▸ Exercise materials
/---

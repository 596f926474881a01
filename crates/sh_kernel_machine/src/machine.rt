//! The machine under the processes of a kernel.
mod asking;
mod copying;
mod processes;

ghost use Rattle.sh_base.specs.Memory.{no_memory};
ghost use Rattle.std.specs.Prelude.{◌≡◌};
ghost use Rattle.std.specs.Prelude.{true, length, ◌+◌, ◌<◌, ◌≤◌, ◌≢◌, IfErr, IfNone, IfOk, IfSome, None, false, OnErr, OnOk, Some, ℕ, List, option_copied, slice_get};

use crate::tables::{
    Tables, add_in, add_pipe_in, close_in, end_in, find_in, first_table, refer_in, rename_in,
    reserve_in,
};
use sh_files::{FileFault, Files, MAX_LENGTH, Opening};
use sh_kernel_descriptors::{
    Channel, Closing, Description, DescriptorRef, Entry, Held, KernelFault, Target, described,
    description_of, fault_of_file, has_reader, has_writer, is_allowed, is_description,
    is_of_terminal, may_share, move_to, read_file, read_pipe, target_of, the_terminal, write_node,
    write_pipe, write_start,
};
use sh_kernel_processes::{ProcessList, lives};
use slab::Slab;
use std::alloc::{AllocError, Global};
use std::collections::BTreeMap;
use std::marker::Model;

/// How a here-document is open.
const FOR_READING: Opening = Opening {
    read: true,
    write: false,
    create: false,
    exclusive: false,
    truncate: false,
};

/// The processes of a kernel and what they have open: descriptors, open file descriptions, pipes and files.
///
/// Processes, descriptions and pipes have numbers that go up by creation, processes from
/// [`FIRST_PID`](sh_kernel_descriptors::FIRST_PID); none is used again. A description goes with the last descriptor that
/// refers to it, and its key may be used again; a pipe goes with the last descriptor that refers to one of its ends.
///
/// The terminal is not here, but its descriptions are: a read or a write of it is refused with `BadDescriptor`, so ask
/// first (the answer `None` of [`Machine::read`] and [`Machine::write`]). Nor are the groups and the signals of the processes
/// that live: these are passed in, as members.
///
/// A machine stands at a state, and each call is one change of that state. After each refusal it stands at the same
/// state as before.
#[derive(Drop)]
pub struct Machine {
    alloc: Global,
    processes: ProcessList,
    /// The descriptors, each process's in a table of its own.
    held: Tables,
    entries: Slab<Entry>,
    /// An element of no size for each description that was ever made. How many there are is the number of the next.
    described: Vec<()>,
    pipes: BTreeMap<usize, Channel>,
    /// The same for each pipe that was ever made.
    piped: Vec<()>,
    files: Files,
}

impl Model for Machine {
    ghost use Rattle.std.specs.Prelude.{vec_len};
    ghost use Rattle.sh_kernel_machine.specs.Machine.{MachineKept};
    ghost use Rattle.sh_kernel_machine.specs.Tables.{AreOwn, held_in};
    ghost use Rattle.sh_kernel_descriptors.specs.Kept.{IsCounted, IsPaired};
    ghost use Rattle.sh_files_image.specs.Codes.{map_code};
    ghost use Rattle.std.specs.Coded.{codes};

    ghost Value = { MachineKept };

    ghost coded = { Prim.hlevel (codes, map_code) };

    ghost view = { λ m. record {
      processes = m.processes.all;
      held = held_in m.held.entries;
      entries = m.entries;
      described = vec_len m.described;
      pipes = m.pipes.entries;
      piped = vec_len m.piped;
      files = m.files;
    } };

    ghost invariant = { λ m. IsCounted m.entries (held_in m.held.entries) × IsPaired (vec_len m.piped) m.entries × AreOwn m.held.entries };
}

\---

▸ Brief
Each line shown above needs to be transcribed exactly.

▸ Answer to this task
repository 596f926474881a01
filename crates/sh_kernel_machine/src/machine.rt
//! The machine under the processes of a kernel.
mod asking;
mod copying;
mod processes;

ghost use Rattle.sh_base.specs.Memory.{no_memory};
ghost use Rattle.std.specs.Prelude.{◌≡◌};
ghost use Rattle.std.specs.Prelude.{true, length, ◌+◌, ◌<◌, ◌≤◌, ◌≢◌, IfErr, IfNone, IfOk, IfSome, None, false, OnErr, OnOk, Some, ℕ, List, option_copied, slice_get};

use crate::tables::{
    Tables, add_in, add_pipe_in, close_in, end_in, find_in, first_table, refer_in, rename_in,
    reserve_in,
};
use sh_files::{FileFault, Files, MAX_LENGTH, Opening};
use sh_kernel_descriptors::{
    Channel, Closing, Description, DescriptorRef, Entry, Held, KernelFault, Target, described,
    description_of, fault_of_file, has_reader, has_writer, is_allowed, is_description,
    is_of_terminal, may_share, move_to, read_file, read_pipe, target_of, the_terminal, write_node,
    write_pipe, write_start,
};
use sh_kernel_processes::{ProcessList, lives};
use slab::Slab;
use std::alloc::{AllocError, Global};
use std::collections::BTreeMap;
use std::marker::Model;

/// How a here-document is open.
const FOR_READING: Opening = Opening {
    read: true,
    write: false,
    create: false,
    exclusive: false,
    truncate: false,
};

/// The processes of a kernel and what they have open: descriptors, open file descriptions, pipes and files.
///
/// Processes, descriptions and pipes have numbers that go up by creation, processes from
/// [`FIRST_PID`](sh_kernel_descriptors::FIRST_PID); none is used again. A description goes with the last descriptor that
/// refers to it, and its key may be used again; a pipe goes with the last descriptor that refers to one of its ends.
///
/// The terminal is not here, but its descriptions are: a read or a write of it is refused with `BadDescriptor`, so ask
/// first (the answer `None` of [`Machine::read`] and [`Machine::write`]). Nor are the groups and the signals of the processes
/// that live: these are passed in, as members.
///
/// A machine stands at a state, and each call is one change of that state. After each refusal it stands at the same
/// state as before.
#[derive(Drop)]
pub struct Machine {
    alloc: Global,
    processes: ProcessList,
    /// The descriptors, each process's in a table of its own.
    held: Tables,
    entries: Slab<Entry>,
    /// An element of no size for each description that was ever made. How many there are is the number of the next.
    described: Vec<()>,
    pipes: BTreeMap<usize, Channel>,
    /// The same for each pipe that was ever made.
    piped: Vec<()>,
    files: Files,
}

impl Model for Machine {
    ghost use Rattle.std.specs.Prelude.{vec_len};
    ghost use Rattle.sh_kernel_machine.specs.Machine.{MachineKept};
    ghost use Rattle.sh_kernel_machine.specs.Tables.{AreOwn, held_in};
    ghost use Rattle.sh_kernel_descriptors.specs.Kept.{IsCounted, IsPaired};
    ghost use Rattle.sh_files_image.specs.Codes.{map_code};
    ghost use Rattle.std.specs.Coded.{codes};

    ghost Value = { MachineKept };

    ghost coded = { Prim.hlevel (codes, map_code) };

    ghost view = { λ m. record {
      processes = m.processes.all;
      held = held_in m.held.entries;
      entries = m.entries;
      described = vec_len m.described;
      pipes = m.pipes.entries;
      piped = vec_len m.piped;
      files = m.files;
    } };

    ghost invariant = { λ m. IsCounted m.entries (held_in m.held.entries) × IsPaired (vec_len m.piped) m.entries × AreOwn m.held.entries };
}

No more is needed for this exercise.